Как бы драматично ни складывался бой для канмусу, план Котоми всё же сработал. Поскольку Глубинные не смогли прорвать окружение и отступить в море, их прижали к берегу и расстреляли с трёх сторон. Кто-то получил торпеды, кого-то накрыли тяжеловесные залпы линкоров, а кому-то досталось массивной секирой… Вырывались из кольца лишь немногочисленные эсминцы и лёгкие крейсера, за которыми, как правило, следовала погоня из уцелевших самолётов…

Один из таких крейсеров прорвался вдоль берега на юг и увидел на радаре (или что там вместо него у Глубинных?) группу из четырёх канмусу, стоявших в стороне от боя. Видимо, Глубинный принял её за авианосец и его прикрытие – и решил лишить гарнизон Шанхая хотя бы части самолётов… Иначе никак нельзя объяснить то, что единственный лёгкий крейсер полным ходом понёсся к четвёрке канмусу.

На его беду, авианосца среди этих четверых не было. Лотта, уже перевязав Минегумо, пыталась запустить хотя бы одну из ходовых машин эсминца. Рядом стояла Мургеску – именно на её плече швейцарка добралась до медицинской помощи. Минный заградитель готовилась отражать угрозу с воздуха, которой не было и быть не могло. Мургеску не знала, что оба Wo-класса уже ушли на дно…

Наконец, четвёртым канмусу была Гориция. И на приближение крейсера она отреагировала в высшей степени адекватно.

– Огонь! – скомандовала она сама себе…

Эрнст Вебер

Утро было встречено сигналом тревоги. Сирена орала во всю мощь. По радиооповещению доносится о том, что происходит. Всем занять свои места, всем быть готовыми к бою. И у адмирала есть её место в бою. На проецируемой интерактивной карте ей видно положение сил в море. Она получает информацию из первых рук по сигналам от модулей и радарным данным. Она с тревогой смотрит на приближающуюся армаду. Надо быть сильными, надо выстоять, надо победить, надо сберечь своих людей. Все доступные резервы мобилизованы, эскадры выходят в море.

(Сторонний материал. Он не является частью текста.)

//! Reports in full.

/// A section of the profile is skipped.
pub const MANY_PIPES: &str = "\
note line 15 skipped
input 0 read 1000 sent 1000 left 0 unparsed 0 unmatched 0 oversize 0 toolong 0 noslot 0 policed 0 tailfull 0 unwritten 0
port 0 arrived 1000 sent 1000 left 0 tailfull 0 unwritten 0 dequeues 1000 time 1248750124
status 0
";

pub const ONE_FRAME: &str = "\
input 0 read 1 sent 1 left 0 unparsed 0 unmatched 0 oversize 0 toolong 0 noslot 0 policed 0 tailfull 0 unwritten 0
port 0 arrived 1 sent 1 left 0 tailfull 0 unwritten 0 dequeues 1 time 84
status 0
";

pub const ELEVEN_OF_TWELVE: &str = "\
input 0 read 12 sent 11 left 1 unparsed 0 unmatched 0 oversize 0 toolong 0 noslot 0 policed 0 tailfull 0 unwritten 0
port 0 arrived 12 sent 11 left 1 tailfull 0 unwritten 0 dequeues 18 time 983964
status 0
";

pub const FULL_QUEUE: &str = "\
input 0 read 4 sent 1 left 2 unparsed 0 unmatched 0 oversize 0 toolong 0 noslot 0 policed 0 tailfull 1 unwritten 0
port 0 arrived 4 sent 1 left 2 tailfull 1 unwritten 0 dequeues 1 time 84
status 0
";

pub const CUT_RECORD: &str = "\
input 0 read 2 sent 2 left 0 unparsed 0 unmatched 0 oversize 0 toolong 0 noslot 0 policed 0 tailfull 0 unwritten 0
input 0 fault 5 at 176
port 0 arrived 2 sent 2 left 0 tailfull 0 unwritten 0 dequeues 2 time 168
status 6
";

pub const CUT_HEADER: &str = "\
input 0 read 0 sent 0 left 0 unparsed 0 unmatched 0 oversize 0 toolong 0 noslot 0 policed 0 tailfull 0 unwritten 0
input 0 fault 4 at 23
port 0 arrived 0 sent 0 left 0 tailfull 0 unwritten 0 dequeues 0 time 0
status 6
";

pub const ANOTHER_MAGIC: &str = "\
input 0 read 0 sent 0 left 0 unparsed 0 unmatched 0 oversize 0 toolong 0 noslot 0 policed 0 tailfull 0 unwritten 0
input 0 fault 1 at 0
port 0 arrived 0 sent 0 left 0 tailfull 0 unwritten 0 dequeues 0 time 0
status 6
";

pub const ANOTHER_LINK: &str = "\
input 0 read 0 sent 0 left 0 unparsed 0 unmatched 0 oversize 0 toolong 0 noslot 0 policed 0 tailfull 0 unwritten 0
input 0 fault 3 at 0
port 0 arrived 0 sent 0 left 0 tailfull 0 unwritten 0 dequeues 0 time 0
status 6
";

pub const NOT_OPENED: &str = "\
input 0 read 0 sent 0 left 0 unparsed 0 unmatched 0 oversize 0 toolong 0 noslot 0 policed 0 tailfull 0 unwritten 0
input 0 not opened
port 0 arrived 0 sent 0 left 0 tailfull 0 unwritten 0 dequeues 0 time 0
status 4
";

/// Four frames, of which a meter polices two.
pub const POLICED: &str = "\
input 0 read 4 sent 1 left 1 unparsed 0 unmatched 0 oversize 0 toolong 0 noslot 0 policed 2 tailfull 0 unwritten 0
port 0 arrived 2 sent 1 left 1 tailfull 0 unwritten 0 dequeues 1 time 84
meter m green 1 yellow 1 red 2
status 0
";
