//! Commands that are refused before anything is created.
use crate::check::{NONE, Row, check, check_on, ends_as, put_input, same, words};
use crate::input::Input;
use crate::profiles::{CODE, METERED, PIPE, PIPES, QUEUES, profile_of_size};
use command_fixtures::{EMPTY, End};
use qos_io::{MemShelf, WholeShelf};
use qos_main::{FaultKind, Note, ProfileFault};

// Nothing is scheduled.
const UNSCHEDULED: End = End { count: 0, ..EMPTY };

const USAGE: Row<'static> = Row {
    end: End {
        status: 2,
        ..UNSCHEDULED
    },
    report: Some("usage\nstatus 2\n"),
    ..NONE
};

// A line without a blank is one word: the first one here is empty.
static WORDLESS: [Row<'static>; 5] = [
    Row {
        note: "an empty word",
        words: "",
        ..USAGE
    },
    Row {
        note: "no number of cores",
        words: "run --cores 0 --profile p --out o a",
        ..USAGE
    },
    Row {
        note: "help",
        words: "run --help",
        ..USAGE
    },
    Row {
        note: "two outputs",
        words: "run --profile p --out o --out o a.pcap",
        ..USAGE
    },
    Row {
        note: "an input of an output's name",
        words: "run --profile p --out o o.3.pcap",
        ..USAGE
    },
];

#[test]
fn words_that_ask_for_nothing(rt: HostRuntime) {
    for row in &WORDLESS {
        check(&rt, row);
    }
}

static WITHOUT: Row<'static> = Row {
    note: "no words",
    ..USAGE
};

#[test]
fn no_words(rt: HostRuntime) {
    ends_as(&rt, &[], &mut MemShelf::new(rt.alloc()), &WITHOUT);
}

// The profile has a fault.
const FAULTY: End = End {
    status: 3,
    ..UNSCHEDULED
};

// A profile that has no pipes.
const NO_PIPES: Row<'static> = Row {
    edits: &[(PIPES, "pipes = 0")],
    end: End {
        note: Note::Profile(ProfileFault {
            line: 13,
            kind: FaultKind::OutOfRange,
            total: 0,
        }),
        ..FAULTY
    },
    report: Some("profile line 13 fault 5\nstatus 3\n"),
    ..NONE
};

const UNKNOWN_KEY: Row<'static> = Row {
    end: End {
        note: Note::Profile(ProfileFault {
            line: 2,
            kind: FaultKind::UnknownKey,
            total: 0,
        }),
        ..FAULTY
    },
    report: Some("profile line 2 fault 3\nstatus 3\n"),
    ..NONE
};

static REFUSALS: [Row<'static>; 6] = [
    // 13 sizes of 65, of which the last is that of four queues, and 4,096 pipes: 4,259,840 places, above 4,194,304.
    Row {
        note: "too many places",
        edits: &[
            (PIPES, "pipes = 4096"),
            (
                QUEUES,
                "queue sizes = 65 65 65 65 65 65 65 65 65 65 65 65 65",
            ),
            (PIPE, "pipe 0-4095 = 0"),
        ],
        end: End {
            note: Note::Profile(ProfileFault {
                line: 0,
                kind: FaultKind::TooLarge,
                total: 4_259_840,
            }),
            ..FAULTY
        },
        report: Some("profile line 0 fault 9\nstatus 3\n"),
        ..NONE
    },
    Row {
        note: "an unknown key",
        edits: &[(2, "line rat = 5")],
        ..UNKNOWN_KEY
    },
    Row {
        note: "a profile of two lines",
        text: Some(b"[port 0]\nline rat = 5"),
        ..UNKNOWN_KEY
    },
    Row {
        note: "a meter in use, and a fault",
        edits: &[METERED, (PIPES, "pipes = 0")],
        ..NO_PIPES
    },
    Row {
        note: "a meter that is not there",
        edits: &[(CODE, "code = dscp\nmeter = q")],
        end: End {
            note: Note::Profile(ProfileFault {
                line: 27,
                kind: FaultKind::NoSuchName,
                total: 0,
            }),
            ..FAULTY
        },
        report: Some("profile line 27 fault 8\nstatus 3\n"),
        ..NONE
    },
    // A profile that is refused ends the command before a missing capture is noticed.
    Row {
        note: "no capture",
        input: Input::Absent,
        ..NO_PIPES
    },
];

#[test]
fn profiles_are_refused(rt: HostRuntime) {
    for row in &REFUSALS {
        check(&rt, row);
    }
}

#[test]
fn the_longest_profile(rt: HostRuntime) {
    let text = profile_of_size(&rt, 1_048_576);
    let row = Row {
        note: "1,048,576 bytes",
        text: Some(&text),
        ..NONE
    };
    check(&rt, &row);
}

#[test]
fn a_profile_that_is_too_long(rt: HostRuntime) {
    let text = profile_of_size(&rt, 1_048_577);
    let row = Row {
        note: "1,048,577 bytes",
        text: Some(&text),
        end: End {
            note: Note::Profile(ProfileFault {
                line: 0,
                kind: FaultKind::TooLarge,
                total: 1_048_577,
            }),
            ..FAULTY
        },
        report: Some("profile line 0 fault 9\nstatus 3\n"),
        ..NONE
    };
    check(&rt, &row);
}

const NO_PROFILE: Row<'static> = Row {
    end: End {
        status: 4,
        note: Note::ProfileRead,
        ..UNSCHEDULED
    },
    report: Some("profile read fault\nstatus 4\n"),
    ..NONE
};

static UNREAD: [Row<'static>; 2] = [
    Row {
        note: "neither is there",
        input: Input::Absent,
        ..NO_PROFILE
    },
    Row {
        note: "no profile",
        ..NO_PROFILE
    },
];

// A missing profile ends the command, whether the capture is there or not.
#[test]
fn profiles_that_are_missing(rt: HostRuntime) {
    let mut shelf = MemShelf::new(rt.alloc());
    for row in &UNREAD {
        put_input(&rt, &mut shelf, row);
        check_on(&rt, &mut shelf, row);
    }
}

static EMPTY_PROFILE: Row<'static> = Row {
    note: "an empty profile",
    end: End {
        note: Note::Profile(ProfileFault {
            line: 0,
            kind: FaultKind::Missing,
            total: 0,
        }),
        ..FAULTY
    },
    report: Some("profile line 0 fault 7\nstatus 3\n"),
    ..NONE
};

// A name of no file opens as an empty one where it is sure to read, and an empty text is no profile.
#[test]
fn a_profile_that_is_empty(rt: HostRuntime) {
    let words = words(&rt, &EMPTY_PROFILE);
    let mut shelf = WholeShelf::new(rt.alloc());
    ends_as(&rt, &words, &mut shelf, &EMPTY_PROFILE);
    same(&rt, &shelf.file("o.0.pcap"), &None, "an empty profile");
    drop(shelf);
}
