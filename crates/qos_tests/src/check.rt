//! Commands over files in memory, and what they come to.
use crate::input::{Input, bytes_of};
use crate::profiles::{Edit, profile};
use command_fixtures::{EMPTY, End, HEADER, Rec, report_of, run, wanted, words_of, written};
use qos_io::{MemShelf, Shelf, WholeSink};
use std::fmt::Debug;
use std::process::Abort;
use std::sync::Wait;
use std::thread::Threads;

/// A run over one input, what it comes to, and what each port writes.
#[derive(Clone, Copy)]
pub struct Row<'a> {
    pub note: &'a str,
    pub words: &'a str,
    pub edits: &'a [Edit<'a>],
    /// The whole profile; where it is not given, it is the base with the edits.
    pub text: Option<&'a [u8]>,
    pub input: Input<'a>,
    pub end: End,
    pub outputs: [&'a [Rec]; 2],
    /// The text of the report; where it is not given, it follows from the numbers.
    pub report: Option<&'a str>,
}

/// A capture of the header alone.
pub const NONE: Row<'static> = Row {
    note: "the header alone",
    words: "run --profile p --out o a.pcap",
    edits: &[],
    text: None,
    input: Input::Raw(&HEADER, 0),
    end: EMPTY,
    outputs: [&[], &[]],
    report: None,
};

/// Two values are the same.
pub fn same<T: PartialEq + Debug>(rt: &impl Abort, value: &T, wanted: &T, note: &str) {
    assert_eq!(rt; value, wanted, "{note}");
}

/// A report has this text.
pub fn says(rt: &impl Abort, said: &[u8], text: &str, note: &str) {
    same(rt, &str::from_utf8(said), &Ok(text), note);
}

/// The words of a row.
pub fn words<R: AllocGlobal + Abort>(rt: &R, row: &Row<'_>) -> Vec<String> {
    words_of(rt.alloc(), row.words).expect(rt, "memory")
}

// The profile of a row.
fn text_of<R: AllocGlobal + Abort>(rt: &R, row: &Row<'_>) -> Vec<u8> {
    match row.text {
        Some(text) => text.to_vec(rt.alloc()).expect(rt, "memory"),
        None => profile(rt, row.edits),
    }
}

fn put_file<R: Abort>(rt: &R, shelf: &mut MemShelf, name: &str, bytes: Vec<u8>) {
    shelf.put_file(name, bytes).expect(rt, "memory");
}

/// Puts the input of a row on a shelf, if it is there.
pub fn put_input<R: AllocGlobal + Abort>(rt: &R, shelf: &mut MemShelf, row: &Row<'_>) {
    if let Some(bytes) = bytes_of(rt, row.input) {
        put_file(rt, shelf, "a.pcap", bytes);
    }
}

/// The shelf of a row.
pub fn shelf_of<R: AllocGlobal + Abort>(rt: &R, row: &Row<'_>) -> MemShelf {
    let mut shelf = MemShelf::new(rt.alloc());
    put_file(rt, &mut shelf, "p", text_of(rt, row));
    put_input(rt, &mut shelf, row);
    shelf
}

/// The report of a row.
pub fn reports<R: AllocGlobal + Abort>(rt: &R, said: &[u8], row: &Row<'_>) {
    let report = report_of(rt.alloc(), &wanted(&row.end)).expect(rt, "memory");
    let text = row.report.unwrap_or(report.as_str());
    says(rt, said, text, row.note);
}

/// Runs a command on a shelf, and compares how that ends and the report with those of a row.
pub fn ends_as<R: Threads + Wait + Sync + AllocGlobal + Abort, H: Shelf>(
    rt: &R,
    words: &[String],
    shelf: &mut H,
    row: &Row<'_>,
) {
    let mut said = WholeSink::new(rt.alloc());
    let found = run(rt, words, shelf, &mut said);
    same(rt, &found, &wanted(&row.end), row.note);
    reports(rt, said.bytes(), row);
}

// The file of this name is what the program writes of these records, if it is one of the outputs.
fn holds<R: AllocGlobal + Abort>(
    rt: &R,
    shelf: &MemShelf,
    name: &str,
    records: Option<&[Rec]>,
    note: &str,
) {
    match records {
        Some(records) => {
            let bytes = written(rt.alloc(), records).expect(rt, "memory");
            same(rt, &shelf.file(name), &Some(bytes.as_slice()), note);
        }
        None => same(rt, &shelf.file(name), &None, note),
    }
}

/// The outputs of a row: there is one of each port.
pub fn wrote<R: AllocGlobal + Abort>(rt: &R, shelf: &MemShelf, row: &Row<'_>) {
    let [first, second] = row.outputs;
    let (first, second) = match row.end.count {
        0 => (None, None),
        1 => (Some(first), None),
        _ => (Some(first), Some(second)),
    };
    holds(rt, shelf, "o.0.pcap", first, row.note);
    holds(rt, shelf, "o.1.pcap", second, row.note);
}

/// Runs the words of a row on a shelf.
pub fn check_on<R: Threads + Wait + Sync + AllocGlobal + Abort>(
    rt: &R,
    shelf: &mut MemShelf,
    row: &Row<'_>,
) {
    ends_as(rt, &words(rt, row), shelf, row);
    wrote(rt, shelf, row);
}

/// Runs a row.
pub fn check<R: Threads + Wait + Sync + AllocGlobal + Abort>(rt: &R, row: &Row<'_>) {
    let mut shelf = shelf_of(rt, row);
    check_on(rt, &mut shelf, row);
    drop(shelf);
}
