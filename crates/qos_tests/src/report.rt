//! Commands whose report is refused.
ghost use Rattle.std.specs.Prelude.{None};

use crate::check::{NONE, Row, same, says, shelf_of, words, wrote};
use crate::input::Input;
use crate::profiles::DRAINS;
use command_fixtures::{EMPTY, End, FIRST, PLAIN, Seen, run, wanted};
use qos_io::{MemShelf, PutFault, Sink};
use qos_main::{PcapFault, Stop, put_memory};
use std::process::Abort;
use std::sync::Wait;
use std::thread::Threads;

// A sink that keeps what it is given, or refuses it.
#[derive(Drop)]
struct Said {
    text: Vec<u8>,
    refuses: Option<PutFault>,
    puts: u64,
    faults: u64,
}

impl Sink for Said {
    ghost contents = { λ _. None };

    ghost name = { λ _. None };

    ghost faults = { λ s. s.faults };

    ghost IsSure = { λ _. ⊥ };

    fn put(&mut self, bytes: &[u8]) -> Result<(), PutFault> {
        self.puts = self.puts.saturating_add(1);
        match self.refuses {
            Some(PutFault::Failed) => {
                self.faults = self.faults.saturating_add(1);
                Err(PutFault::Failed)
            }
            Some(PutFault::NoMemory) => Err(PutFault::NoMemory),
            None => Ok(self.text.extend_from_slice(bytes)?),
        }
    }
}

fn new_said<R: AllocGlobal>(rt: &R, refuses: Option<PutFault>) -> Said {
    Said {
        text: Vec::new(rt.alloc()),
        refuses,
        puts: 0,
        faults: 0,
    }
}

// Two frames, of which one is left.
const FINE: Row<'static> = Row {
    input: Input::Capture(PLAIN, &[FIRST; 2], 0),
    end: End {
        first: [2, 1, 1, 0, 0, 1, 84],
        ..EMPTY
    },
    outputs: [&[FIRST], &[]],
    ..NONE
};

// The second of two frames is cut.
const TORN: Row<'static> = Row {
    edits: &[DRAINS],
    input: Input::Capture(PLAIN, &[FIRST; 2], 1),
    end: End {
        status: 6,
        stopped: Stop::Fault(PcapFault::CutRecord(100)),
        first: [1, 1, 0, 0, 0, 1, 84],
        ..EMPTY
    },
    outputs: [&[FIRST], &[]],
    ..NONE
};

// A run, what its report is refused for, and its status then: a failure changes that of a good run alone, and want of
// memory each.
static ROWS: [(&str, Row<'static>, PutFault, u8); 4] = [
    ("fails", FINE, PutFault::Failed, 5),
    ("fails behind a fault", TORN, PutFault::Failed, 6),
    ("no memory", FINE, PutFault::NoMemory, 7),
    ("no memory behind a fault", TORN, PutFault::NoMemory, 7),
];

// Runs the words of a row with a report that is refused, and counts the puts.
fn refused<R: Threads + Wait + Sync + AllocGlobal + Abort>(
    rt: &R,
    shelf: &mut MemShelf,
    row: &Row<'_>,
    fault: PutFault,
) -> (Seen, u64) {
    let mut said = new_said(rt, Some(fault));
    let found = run(rt, &words(rt, row), shelf, &mut said);
    (found, said.puts)
}

// The report is put at once, and the run stays what it was.
fn check<R: Threads + Wait + Sync + AllocGlobal + Abort>(
    rt: &R,
    row: &(&str, Row<'_>, PutFault, u8),
) {
    let (note, row, fault, status) = row;
    let mut shelf = shelf_of(rt, row);
    let (found, puts) = refused(rt, &mut shelf, row, *fault);
    let expected = Seen {
        status: *status,
        ..wanted(&row.end)
    };
    same(rt, &found, &expected, note);
    same(rt, &puts, &1, note);
    wrote(rt, &shelf, row);
    drop(shelf);
}

#[test]
fn reports_are_refused(rt: HostRuntime) {
    for row in &ROWS {
        check(&rt, row);
    }
}

// Where there is no memory for the words, the program reports just that.
#[test]
fn want_of_memory_is_reported(rt: HostRuntime) {
    let mut said = new_said(&rt, None);
    let status = put_memory(&mut said).number();
    same(&rt, &status, &7, "its status");
    says(
        &rt,
        said.text.as_slice(),
        "memory\nstatus 7\n",
        "its report",
    );
}
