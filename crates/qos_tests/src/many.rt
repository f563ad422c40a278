//! A run over 4,096 pipes.
use crate::check::{NONE, Row, check};
use crate::input::Input;
use crate::reports;
use command_fixtures::{EMPTY, End, FIRST, PLAIN, Rec};
use std::process::Abort;

// As many places in queues as a profile may have: 4,096 pipes with 16 queues of 64. The section `[red]` is skipped.
const MANY_PIPES: &str = "[port 0]
line rate = 1250000000
subports = 1
drain ms = 32
[subport profile 0]
tb rate = 1250000000
tb size = 1000000
tc 0-12 rate = 1250000000
tc period = 10
[subport 0 0]
profile = 0
pipes = 4096
queue sizes = 64 64 64 64 64 64 64 64 64 64 64 64 64
pipe 0-4095 = 0
[red]
tc 0 wred min = 48 40 32
[pipe profile 0]
tb rate = 305175
tb size = 1000000
tc 0-12 rate = 305175
tc period = 40
[rule 0]
port = 0
subport = 0
pipe = host
code = dscp
";

static MANY: Row<'static> = Row {
    note: "4,096 pipes",
    end: End {
        first: [1000, 1000, 0, 0, 0, 1000, 1_248_750_124],
        ..EMPTY
    },
    report: Some(reports::MANY_PIPES),
    ..NONE
};

// 1,000 frames of 100 bytes, a millisecond apart.
fn frames<R: AllocGlobal + Abort>(rt: &R) -> Vec<Rec> {
    let mut frames = Vec::new(rt.alloc());
    for k in 0..1000u32 {
        let frame = Rec {
            nanos: k.saturating_mul(1_000_000),
            cap: 100,
            wire: 100,
            ..FIRST
        };
        frames.push(frame).expect(rt, "memory");
    }
    frames
}

// Frame k arrives at byte time 1,250,000 k in pipe 2, costs 124 and goes there at once. Forty of them cost 4,960, and the
// pipe's class credits of 12,207 are renewed every forty; half of its bucket, 500,000, pays for all 124,000.
#[test]
fn each_packet_goes_at_its_arrival(rt: HostRuntime) {
    let frames = frames(&rt);
    let row = Row {
        text: Some(MANY_PIPES.as_bytes()),
        input: Input::Capture(PLAIN, &frames, 0),
        outputs: [&frames, &[]],
        ..MANY
    };
    check(&rt, &row);
}
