//! Profiles, as text.
use std::process::Abort;

/// One port on a line of 10^9 bytes per second, where byte times are nanoseconds, with one pipe, ample credits and no drain.
const BASE: &str = "[port 0]
line rate = 1000000000
subports = 1
drain ms = 0
[subport profile 0]
tb credits = 1
tb period = 1
tb size = 2000000
tc 0-12 credits = 1000000
tc period = 1000000
[subport 0 0]
profile = 0
pipes = 1
queue sizes = 64 64 64 64 64 64 64 64 64 64 64 64 64
pipe 0 = 0
[pipe profile 0]
tb credits = 1
tb period = 1
tb size = 2000000
tc 0-12 credits = 1000000
tc period = 1000000
[rule 0]
port = 0
subport = 0
pipe = 0
code = dscp
";

// The lines of the base that tests replace, counted from 1.
pub const DRAIN: usize = 4;

pub const SUBPORT_PROFILE: usize = 5;

pub const PIPES: usize = 13;

pub const QUEUES: usize = 14;

pub const PIPE: usize = 15;

pub const BUCKET_PERIOD: usize = 18;

pub const BUCKET_SIZE: usize = 19;

pub const CREDITS: usize = 20;

pub const RULE: usize = 22;

pub const CODE: usize = 26;

/// A line of the base, by its number, and what stands in its place: another line, or more than one.
pub type Edit<'a> = (usize, &'a str);

/// A pipe that earns hardly anything: a credit in a second.
pub const SLOW: Edit<'static> = (BUCKET_PERIOD, "tb period = 1000000000");

/// A drain of 1,000,000 byte times.
pub const DRAINS: Edit<'static> = (DRAIN, "drain ms = 1");

/// A second port like the first.
pub const SECOND_PORT: Edit<'static> = (
    SUBPORT_PROFILE,
    "[port 1]
line rate = 1000000000
subports = 1
drain ms = 0
[subport 1 0]
profile = 0
pipes = 1
queue sizes = 64 64 64 64 64 64 64 64 64 64 64 64 64
pipe 0 = 0
[subport profile 0]",
);

/// Every packet that port 0 does not take goes to port 1.
pub const SECOND_RULE: Edit<'static> = (
    RULE,
    "[rule 1]
port = 1
subport = 0
pipe = 0
code = dscp
[rule 0]",
);

/// Port 0 takes the packets to 10.0.0.0 till 10.0.0.127.
pub const BY_ADDRESS: Edit<'static> = (CODE, "code = dscp\ndst = 10.0.0.0/25");

/// A single rate three color marker, which the rule names: 46 bytes are green, 46 more are yellow, and no others.
pub const METERED: Edit<'static> = (
    CODE,
    "code = dscp
meter = m
[meter m]
kind = srtcm
cir bytes = 0
cir period = 1
cbs = 46
ebs = 46",
);

// What stands in the place of a line of the base.
fn edit_of<'a>(number: usize, edits: &[Edit<'a>]) -> Option<&'a str> {
    for (place, text) in edits {
        if *place == number {
            return Some(*text);
        }
    }
    None
}

fn put_line<R: Abort>(rt: &R, text: &mut Vec<u8>, line: &str) {
    text.extend_from_slice(line.as_bytes()).expect(rt, "memory");
    text.push(b'\n').expect(rt, "memory");
}

/// The base with these lines replaced.
pub fn profile<R: AllocGlobal + Abort>(rt: &R, edits: &[Edit<'_>]) -> Vec<u8> {
    let mut text = Vec::new(rt.alloc());
    for (number, line) in BASE.lines().enumerate() {
        let edit = edit_of(number.saturating_add(1), edits);
        put_line(rt, &mut text, edit.unwrap_or(line));
    }
    text
}

/// The base, and behind it one comment that makes it a text of so many bytes.
pub fn profile_of_size<R: AllocGlobal + Abort>(rt: &R, size: usize) -> Vec<u8> {
    let mut text = profile(rt, &[]);
    text.resize(size, b';').expect(rt, "memory");
    text
}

– Адмирал! – раздаётся громкий голос за спиной Котоми и та поворачивается, награжадя незванного гостя добрейшей улыбкой. Странная эта Котоми Тамаи. Даже когда перед ней разворачивается бой, когда все в опасности, она улыбается.

– Гориция, я тебя внимательно слушаю, – откликается девушка.

– Адмирал, я прошу отправить меня в бой! – решительно требует женщина.

– О, вот оно как, – Котоми смотрит на карту, где разворачивается диспозиция. – Но ведь ты ещё не…

– Я готова! Я справлюсь!

– Гориция, – тон девушки становится таким, словно она уговаривает капризного ребёнка. – Я не могу сказать, почему вдруг в тебе возникло такое желание, но это реальное сражение с крупной эскадрой. Посмотри сюда, – она указывает на карту. – Наш флот сейчас плавно прижмёт их к берегу и разобьёт врага.